I threw a "Jungle No More Algae" tank buddies tablet in there last night and scraped all the brown algae off the glass in hopes of eliminating it. Again... I don't want the brown, I want green. I can get green algae from work and introduce it to my tank if I need to, just wondering what else I need to change to keep the green and no more brown. Thanks.


----------



## Damon (Jan 18, 2005)

Did you start over recently? Brown algae (diatoms) are common in tanks cycling. Also common in tanks with poor water flow, inadequate lighting (not common), and water high in silicated (hard water).


----------



## Cliffizme2 (Oct 15, 2005)

I checked my KH and PH and stuff on our test strips at work, the only thing that my manager said was wrong is that my PH is a little low, I think he said it was 5 or 6? That might be from the algae tablet I dropped in there though.


----------



## wildtiger (Jun 8, 2005)

Are your rocks sand stone by chance?


----------



## Cliffizme2 (Oct 15, 2005)

Not sure what kind they are, we ordered a huge thing of them to outline a large garden and I grabbed a couple and cleaned them.


----------



## Ownager2004 (Apr 4, 2005)

I dont think the jungle algae things you used are safe for crayfish. Also they will kill all algae not just brown.


----------



## Guest (Apr 3, 2006)

I am going to guess you have a 30wt 36" fluorescent bulb above this tank. A 38 gallon tank is a taller 30 long. I think the first thing you should do if you want green algae is replace that bulb with a better quality bulb. I would recommend a Triton bulb. I would also increase your photo period to about 15 hours and see if that does the trick. 

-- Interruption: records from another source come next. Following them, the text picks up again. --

//! The panels of a surface, by the lines of its block so far.
ghost use Rattle.std.specs.Prelude.{◌≡◌, ◌==◌, ◌&&◌, ◌<◌, ◌≤◌, ◌^◌, ◌+◌, ◌++◌, ◌∷◌, [], ℕ, None, Some, Err, length, slice_index_or, OnOk, if◌then◌else◌};
ghost use Rattle.std.specs.Result.{IsOkAnd};
ghost use Rattle.smol_types.specs.declared.fault.Kind.{Kind as TheKind};
ghost use Rattle.smol_types.specs.Limits.{most_panels};
ghost use Rattle.smol_line.specs.declared.refusal.Refusal.TheVariants.{At};

use crate::jump::{Leading, jump_in};
use crate::panel::shape_in;
use crate::panel_name::add_name;
use smol_geom::Rect;
use smol_line::{NameSet, Refusal, unless};
use smol_text::StatedLine;
use smol_types::{Face, Kind};
use std::alloc::{AllocError, Global};

/// How many panels there may be.
const MOST_PANELS: usize = 4096;

/// The panels of a surface: their names, their rectangles, whether their fronts are the sides of greater coordinates,
/// and where jumps from their faces lead.
#[derive(Drop)]
pub struct PanelTable {
    pub names: NameSet,
    pub rects: Vec<Rect>,
    pub sides: Vec<bool>,
    pub front_to: Vec<Option<(u16, Face)>>,
    pub back_to: Vec<Option<(u16, Face)>>,
}

impl PanelTable {
    ghost use Rattle.smol_blocks.specs.Jump.{jump_in};
    ghost use Rattle.smol_blocks.specs.Panel.{panel_in};
    ghost use Rattle.smol_blocks.specs.Surface.{same_face};
    ghost use Rattle.smol_blocks.specs.SurfaceTable.{AddsJump, AddsPanel, ArePaired};
    ghost use Rattle.smol_types.specs.declared.surface.Face.TheVariants.{Front, Back};

    /// No panels, which takes no memory.
    pub fn new(alloc: Global) -> PanelTable
        ensures names { result.names ≡ [] }
        ensures rects { result.rects.items ≡ [] }
        ensures sides { result.sides.items ≡ [] }
        ensures front_to { result.front_to.items ≡ [] }
        ensures back_to { result.back_to.items ≡ [] }
    {
        PanelTable {
            names: NameSet::new(alloc),
            rects: Vec::new(alloc),
            sides: Vec::new(alloc),
            front_to: Vec::new(alloc),
            back_to: Vec::new(alloc),
        }
    }

    // Adds a panel without jumps behind the others.
    fn push(&mut self, rect: Rect, greater: bool) -> Result<(), AllocError>
        ensures names { self.new.names ≡ self.old.names }
        ensures rects { OnOk result (self.new.rects.items ≡ self.old.rects.items ++ rect ∷ []) }
        ensures sides { OnOk result (self.new.sides.items ≡ self.old.sides.items ++ greater ∷ []) }
        ensures front_to { OnOk result (self.new.front_to.items ≡ self.old.front_to.items ++ None ∷ []) }
        ensures back_to { OnOk result (self.new.back_to.items ≡ self.old.back_to.items ++ None ∷ []) }
    {
        self.rects.push(rect)?;
        self.sides.push(greater)?;
        self.front_to.push(None)?;
        self.back_to.push(None)?;
        Ok(())
    }

    // Lets a jump from a face of a panel lead to a face of another.
    fn lead(&mut self, from: u16, from_face: Face, to: u16, to_face: Face)
        requires front { from < length self.old.front_to.items }
        requires back { from < length self.old.back_to.items }
        ensures names { self.new.names ≡ self.old.names }
        ensures rects { self.new.rects.items ≡ self.old.rects.items }
        ensures sides { self.new.sides.items ≡ self.old.sides.items }
        ensures front_to { (panel : ℕ) → slice_index_or self.new.front_to.items panel None
            ≡ (if (from == panel) && same_face from_face Front then Some (to, to_face)
            else slice_index_or self.old.front_to.items panel None) }
        ensures back_to { (panel : ℕ) → slice_index_or self.new.back_to.items panel None
            ≡ (if (from == panel) && same_face from_face Back then Some (to, to_face)
            else slice_index_or self.old.back_to.items panel None) }
        ensures front_count { length self.new.front_to.items ≡ length self.old.front_to.items }
        ensures back_count { length self.new.back_to.items ≡ length self.old.back_to.items }
    {
        match from_face {
            Face::Front => self.front_to[usize::from(from)] = Some((to, to_face)),
            Face::Back => self.back_to[usize::from(from)] = Some((to, to_face)),
        }
    }

    // Lets jumps lead where a line says.
    fn set(&mut self, leading: Leading)
        requires paired { ArePaired self.old }
        requires from { leading.from < length self.old.names }
        requires to { leading.to < length self.old.names }
        ensures set { AddsJump self.old self.new leading }
        ensures paired { ArePaired self.new }
    {
        let Leading {
            from,
            from_face,
            to,
            to_face,
            both,
        } = leading;
        if both {
            self.lead(to, to_face, from, from_face);
        }
        self.lead(from, from_face, to, to_face);
    }

    /// Adds the panel that a line gives, where so many panels of other surfaces stand before.
    #[tactic(auto, unfolding(crate::specs::Panel::panel_in))]
    pub fn read_panel(
        &mut self,
        alloc: Global,
        dims: u8,
        others: usize,
        line: &StatedLine<'_>,
    ) -> Result<(), Refusal>
        requires least { 1 ≤ dims }
        requires most { dims ≤ 3 }
        requires few { others ≤ most_panels }
        requires paired { ArePaired self.old }
        ensures few { OnOk result (others + length self.new.names ≤ most_panels) }
        ensures paired { OnOk result (ArePaired self.new) }
        ensures added { OnOk result (IsOkAnd (panel_in dims others self.old.names line.now) (AddsPanel self.old self.new)) }
        ensures refused { (kind : TheKind) → result ≡ Err (At kind) → panel_in dims others self.old.names line.now ≡ Err kind }
    {
        let (facing, rect) = shape_in(dims, line)?;
        add_name(alloc, &mut self.names, dims, line)?;
        unless(self.names.len() <= MOST_PANELS - others, Kind::TooMany)?;
        self.push(rect, facing.greater)?;
        Ok(())
    }

    /// Lets jumps lead where a line says.
    pub fn read_jump(&mut self, line: &StatedLine<'_>) -> Result<(), Kind>
        requires paired { ArePaired self.old }
        requires few { length self.old.names ≤ 2 ^ 16 }
        ensures set { OnOk result (IsOkAnd (jump_in self.old.names self.old.rects.items line.now) (AddsJump self.old self.new)) }
        ensures paired { OnOk result (ArePaired self.new) }
        ensures refused { (kind : TheKind) → result ≡ Err kind → jump_in self.old.names self.old.rects.items line.now ≡ Err kind }
    {
        let leading = jump_in(&self.names, self.rects.as_slice(), line)?;
        self.set(leading);
        Ok(())
    }
}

When you pick up the bulb grab a ph kit also. You ph is only low if it is falling below what your tap water ph is. Check your tap water and compare that to the ph of your aquarium water, if it is about the same it probably is fine, if your aquarium water is a lot lower you need to increase the size or frequency of your water changes.


----------



## Guest (Apr 3, 2006)

Ownager2004 said:


> I dont think the jungle algae things you used are safe for crayfish. Also they will kill all algae not just brown.


I forgot about that, do a couple water changes to get that crap out of your water to!


----------